[Input data — start]
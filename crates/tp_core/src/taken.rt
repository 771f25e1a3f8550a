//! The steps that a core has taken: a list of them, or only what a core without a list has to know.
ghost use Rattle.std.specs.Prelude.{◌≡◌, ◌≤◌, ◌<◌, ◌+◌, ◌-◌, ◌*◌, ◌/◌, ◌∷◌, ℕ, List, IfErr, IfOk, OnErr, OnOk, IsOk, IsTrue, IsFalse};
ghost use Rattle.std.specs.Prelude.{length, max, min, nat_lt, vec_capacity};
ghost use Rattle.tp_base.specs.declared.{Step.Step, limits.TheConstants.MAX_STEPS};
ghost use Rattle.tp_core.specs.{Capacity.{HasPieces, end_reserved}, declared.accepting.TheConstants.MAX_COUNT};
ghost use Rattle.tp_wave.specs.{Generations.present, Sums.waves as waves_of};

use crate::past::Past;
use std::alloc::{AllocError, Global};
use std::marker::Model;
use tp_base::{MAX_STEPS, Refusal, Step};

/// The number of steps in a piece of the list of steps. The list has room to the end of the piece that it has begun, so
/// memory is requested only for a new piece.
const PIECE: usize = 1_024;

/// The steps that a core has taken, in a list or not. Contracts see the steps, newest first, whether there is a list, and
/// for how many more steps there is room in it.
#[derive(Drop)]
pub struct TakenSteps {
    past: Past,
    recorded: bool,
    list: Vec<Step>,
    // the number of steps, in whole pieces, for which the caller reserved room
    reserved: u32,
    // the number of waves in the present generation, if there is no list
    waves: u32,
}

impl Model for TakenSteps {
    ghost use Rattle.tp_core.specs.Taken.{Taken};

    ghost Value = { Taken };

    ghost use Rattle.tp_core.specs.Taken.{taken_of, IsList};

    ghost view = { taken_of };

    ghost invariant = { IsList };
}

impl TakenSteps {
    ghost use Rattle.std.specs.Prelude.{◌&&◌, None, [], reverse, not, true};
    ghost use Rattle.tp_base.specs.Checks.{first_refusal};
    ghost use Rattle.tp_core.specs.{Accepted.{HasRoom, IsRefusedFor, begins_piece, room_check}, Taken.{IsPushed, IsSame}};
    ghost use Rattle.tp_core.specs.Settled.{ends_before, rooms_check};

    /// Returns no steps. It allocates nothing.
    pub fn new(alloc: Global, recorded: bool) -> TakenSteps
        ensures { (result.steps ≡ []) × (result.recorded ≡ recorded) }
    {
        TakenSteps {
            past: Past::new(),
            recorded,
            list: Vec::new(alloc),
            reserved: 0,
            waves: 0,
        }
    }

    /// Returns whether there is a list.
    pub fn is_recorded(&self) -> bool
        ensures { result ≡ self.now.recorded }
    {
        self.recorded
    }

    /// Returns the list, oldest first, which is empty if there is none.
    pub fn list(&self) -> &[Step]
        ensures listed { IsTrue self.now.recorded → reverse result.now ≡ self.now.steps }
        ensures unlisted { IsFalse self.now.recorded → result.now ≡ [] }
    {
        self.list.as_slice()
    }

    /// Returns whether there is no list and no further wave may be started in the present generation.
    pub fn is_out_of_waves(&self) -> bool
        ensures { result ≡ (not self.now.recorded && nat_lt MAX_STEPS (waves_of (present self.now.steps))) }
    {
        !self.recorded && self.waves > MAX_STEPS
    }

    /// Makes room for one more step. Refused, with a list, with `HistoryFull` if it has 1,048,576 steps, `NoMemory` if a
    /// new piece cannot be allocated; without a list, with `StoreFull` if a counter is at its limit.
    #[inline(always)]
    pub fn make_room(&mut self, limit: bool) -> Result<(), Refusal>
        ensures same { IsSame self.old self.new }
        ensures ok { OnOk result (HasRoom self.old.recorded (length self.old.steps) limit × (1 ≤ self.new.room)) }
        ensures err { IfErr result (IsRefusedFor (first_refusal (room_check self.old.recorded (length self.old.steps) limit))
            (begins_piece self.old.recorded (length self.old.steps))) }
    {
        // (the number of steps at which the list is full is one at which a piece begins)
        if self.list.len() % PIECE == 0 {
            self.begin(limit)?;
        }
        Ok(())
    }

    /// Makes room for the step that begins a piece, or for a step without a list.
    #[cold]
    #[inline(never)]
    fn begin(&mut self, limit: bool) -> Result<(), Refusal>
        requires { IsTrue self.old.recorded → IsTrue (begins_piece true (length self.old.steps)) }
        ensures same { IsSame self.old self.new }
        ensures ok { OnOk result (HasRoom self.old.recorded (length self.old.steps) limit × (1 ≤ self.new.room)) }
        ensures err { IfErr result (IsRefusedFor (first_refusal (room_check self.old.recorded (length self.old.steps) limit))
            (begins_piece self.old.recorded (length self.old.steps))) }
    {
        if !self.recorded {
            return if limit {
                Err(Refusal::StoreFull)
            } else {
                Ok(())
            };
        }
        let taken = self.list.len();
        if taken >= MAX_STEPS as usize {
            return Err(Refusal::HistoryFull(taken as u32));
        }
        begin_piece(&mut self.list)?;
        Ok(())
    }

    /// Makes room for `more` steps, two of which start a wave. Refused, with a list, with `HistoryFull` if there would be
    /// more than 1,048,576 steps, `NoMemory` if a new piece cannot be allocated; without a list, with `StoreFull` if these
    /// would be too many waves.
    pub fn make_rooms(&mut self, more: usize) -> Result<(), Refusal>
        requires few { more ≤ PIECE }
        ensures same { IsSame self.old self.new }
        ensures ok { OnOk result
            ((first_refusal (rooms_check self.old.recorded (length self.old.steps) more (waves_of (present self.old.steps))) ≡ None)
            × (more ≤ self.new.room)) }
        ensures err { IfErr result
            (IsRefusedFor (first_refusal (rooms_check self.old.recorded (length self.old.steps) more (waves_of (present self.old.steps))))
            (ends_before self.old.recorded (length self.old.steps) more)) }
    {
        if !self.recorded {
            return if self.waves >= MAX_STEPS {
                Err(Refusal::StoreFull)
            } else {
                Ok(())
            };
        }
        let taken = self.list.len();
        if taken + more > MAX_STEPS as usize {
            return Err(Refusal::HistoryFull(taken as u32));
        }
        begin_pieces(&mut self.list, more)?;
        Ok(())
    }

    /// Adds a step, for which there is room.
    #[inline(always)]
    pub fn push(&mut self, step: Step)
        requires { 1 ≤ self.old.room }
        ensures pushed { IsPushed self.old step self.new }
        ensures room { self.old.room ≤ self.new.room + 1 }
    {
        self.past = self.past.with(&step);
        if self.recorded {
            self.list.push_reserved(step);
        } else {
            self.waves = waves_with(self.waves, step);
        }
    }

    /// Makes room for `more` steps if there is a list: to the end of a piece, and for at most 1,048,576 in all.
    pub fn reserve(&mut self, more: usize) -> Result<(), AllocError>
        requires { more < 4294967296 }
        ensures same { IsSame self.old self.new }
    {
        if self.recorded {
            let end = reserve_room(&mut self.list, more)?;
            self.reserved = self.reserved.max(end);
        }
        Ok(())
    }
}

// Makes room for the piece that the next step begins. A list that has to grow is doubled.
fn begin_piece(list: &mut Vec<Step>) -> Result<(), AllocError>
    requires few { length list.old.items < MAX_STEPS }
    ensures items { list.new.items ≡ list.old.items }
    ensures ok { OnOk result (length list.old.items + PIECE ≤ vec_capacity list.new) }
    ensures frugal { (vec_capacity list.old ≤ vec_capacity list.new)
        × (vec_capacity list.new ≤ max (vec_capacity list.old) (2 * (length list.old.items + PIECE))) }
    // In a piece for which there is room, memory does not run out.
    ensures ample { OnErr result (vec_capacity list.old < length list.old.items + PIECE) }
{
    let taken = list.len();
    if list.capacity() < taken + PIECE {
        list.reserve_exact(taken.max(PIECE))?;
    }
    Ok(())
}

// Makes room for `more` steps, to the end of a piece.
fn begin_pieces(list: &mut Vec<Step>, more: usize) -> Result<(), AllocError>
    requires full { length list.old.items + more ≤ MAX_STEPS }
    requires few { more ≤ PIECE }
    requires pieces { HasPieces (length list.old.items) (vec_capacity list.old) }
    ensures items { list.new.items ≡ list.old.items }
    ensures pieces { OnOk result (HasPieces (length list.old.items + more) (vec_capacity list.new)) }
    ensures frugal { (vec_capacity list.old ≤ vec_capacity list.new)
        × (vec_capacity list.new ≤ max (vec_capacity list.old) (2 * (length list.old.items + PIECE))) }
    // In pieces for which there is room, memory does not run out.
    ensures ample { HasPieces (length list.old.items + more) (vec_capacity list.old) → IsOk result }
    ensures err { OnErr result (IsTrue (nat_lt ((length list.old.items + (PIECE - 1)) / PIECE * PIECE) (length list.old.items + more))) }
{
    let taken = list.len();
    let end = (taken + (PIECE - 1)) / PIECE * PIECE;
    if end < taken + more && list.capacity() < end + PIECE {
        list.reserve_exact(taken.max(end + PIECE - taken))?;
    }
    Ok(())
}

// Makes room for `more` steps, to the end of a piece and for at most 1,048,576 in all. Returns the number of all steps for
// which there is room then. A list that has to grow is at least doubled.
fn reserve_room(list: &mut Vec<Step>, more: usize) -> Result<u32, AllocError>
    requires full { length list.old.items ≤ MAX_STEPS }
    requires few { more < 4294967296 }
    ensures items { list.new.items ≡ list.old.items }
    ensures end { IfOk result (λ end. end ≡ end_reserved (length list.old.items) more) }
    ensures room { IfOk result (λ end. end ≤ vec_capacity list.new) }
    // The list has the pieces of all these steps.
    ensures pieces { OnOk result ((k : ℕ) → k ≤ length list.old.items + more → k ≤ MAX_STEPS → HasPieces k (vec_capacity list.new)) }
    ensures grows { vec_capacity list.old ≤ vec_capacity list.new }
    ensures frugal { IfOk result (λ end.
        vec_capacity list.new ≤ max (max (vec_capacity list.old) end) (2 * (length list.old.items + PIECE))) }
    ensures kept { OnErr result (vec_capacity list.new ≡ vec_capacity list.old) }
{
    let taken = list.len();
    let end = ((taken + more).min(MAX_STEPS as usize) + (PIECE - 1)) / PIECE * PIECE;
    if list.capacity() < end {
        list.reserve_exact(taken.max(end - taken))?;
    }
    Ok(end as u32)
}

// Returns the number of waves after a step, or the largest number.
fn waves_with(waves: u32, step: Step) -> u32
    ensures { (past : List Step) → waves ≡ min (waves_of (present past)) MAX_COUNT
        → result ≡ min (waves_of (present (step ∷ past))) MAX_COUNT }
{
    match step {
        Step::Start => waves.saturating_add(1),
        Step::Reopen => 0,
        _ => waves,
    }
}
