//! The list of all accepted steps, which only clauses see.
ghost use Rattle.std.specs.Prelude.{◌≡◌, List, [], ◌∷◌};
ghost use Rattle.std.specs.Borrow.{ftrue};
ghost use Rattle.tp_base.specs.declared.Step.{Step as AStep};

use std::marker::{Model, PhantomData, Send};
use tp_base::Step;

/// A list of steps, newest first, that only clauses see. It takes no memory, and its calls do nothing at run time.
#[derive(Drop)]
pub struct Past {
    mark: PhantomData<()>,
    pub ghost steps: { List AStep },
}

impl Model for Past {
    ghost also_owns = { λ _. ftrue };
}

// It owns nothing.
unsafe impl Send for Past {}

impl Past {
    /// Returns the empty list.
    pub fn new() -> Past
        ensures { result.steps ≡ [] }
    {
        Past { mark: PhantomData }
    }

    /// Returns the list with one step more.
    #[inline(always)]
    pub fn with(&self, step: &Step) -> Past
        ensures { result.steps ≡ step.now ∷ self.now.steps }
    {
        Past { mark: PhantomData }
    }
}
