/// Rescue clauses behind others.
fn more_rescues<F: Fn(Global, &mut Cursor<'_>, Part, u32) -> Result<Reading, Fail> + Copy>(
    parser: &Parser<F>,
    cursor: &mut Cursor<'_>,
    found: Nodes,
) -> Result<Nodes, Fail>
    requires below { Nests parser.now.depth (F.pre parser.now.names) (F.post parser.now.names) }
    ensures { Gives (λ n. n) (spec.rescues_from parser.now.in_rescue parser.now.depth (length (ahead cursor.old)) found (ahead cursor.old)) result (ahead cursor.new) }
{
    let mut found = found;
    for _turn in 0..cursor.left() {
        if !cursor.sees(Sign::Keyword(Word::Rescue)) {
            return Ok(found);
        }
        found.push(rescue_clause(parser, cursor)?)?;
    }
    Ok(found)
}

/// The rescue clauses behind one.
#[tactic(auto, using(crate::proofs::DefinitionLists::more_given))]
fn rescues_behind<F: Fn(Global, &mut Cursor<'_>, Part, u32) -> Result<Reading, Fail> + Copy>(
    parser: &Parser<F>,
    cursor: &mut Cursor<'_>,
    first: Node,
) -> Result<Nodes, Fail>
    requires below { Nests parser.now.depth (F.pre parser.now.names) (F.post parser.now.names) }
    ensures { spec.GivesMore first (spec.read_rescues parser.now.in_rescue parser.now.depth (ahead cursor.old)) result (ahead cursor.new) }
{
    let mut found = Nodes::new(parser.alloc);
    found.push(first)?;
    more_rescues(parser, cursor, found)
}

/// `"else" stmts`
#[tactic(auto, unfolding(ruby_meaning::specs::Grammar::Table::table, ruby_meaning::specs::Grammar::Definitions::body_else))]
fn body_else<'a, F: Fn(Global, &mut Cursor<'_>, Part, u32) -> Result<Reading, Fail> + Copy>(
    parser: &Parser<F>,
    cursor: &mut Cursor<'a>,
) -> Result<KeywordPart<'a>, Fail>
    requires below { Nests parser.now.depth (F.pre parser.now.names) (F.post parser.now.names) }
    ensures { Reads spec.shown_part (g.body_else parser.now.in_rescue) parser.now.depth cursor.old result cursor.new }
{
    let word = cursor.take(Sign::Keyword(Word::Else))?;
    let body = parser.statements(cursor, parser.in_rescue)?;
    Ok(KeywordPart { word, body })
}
[Input data — finish]
Work instructions
Take the lines from the first line of the listing up to and including the line with "use crate::past::Past;" and give them again exactly.

Expected answer
filename crates/tp_core/src/taken.rt
repository 771f25e1a3f8550a
//! The steps that a core has taken: a list of them, or only what a core without a list has to know.
ghost use Rattle.std.specs.Prelude.{◌≡◌, ◌≤◌, ◌<◌, ◌+◌, ◌-◌, ◌*◌, ◌/◌, ◌∷◌, ℕ, List, IfErr, IfOk, OnErr, OnOk, IsOk, IsTrue, IsFalse};
ghost use Rattle.std.specs.Prelude.{length, max, min, nat_lt, vec_capacity};
ghost use Rattle.tp_base.specs.declared.{Step.Step, limits.TheConstants.MAX_STEPS};
ghost use Rattle.tp_core.specs.{Capacity.{HasPieces, end_reserved}, declared.accepting.TheConstants.MAX_COUNT};
ghost use Rattle.tp_wave.specs.{Generations.present, Sums.waves as waves_of};

use crate::past::Past;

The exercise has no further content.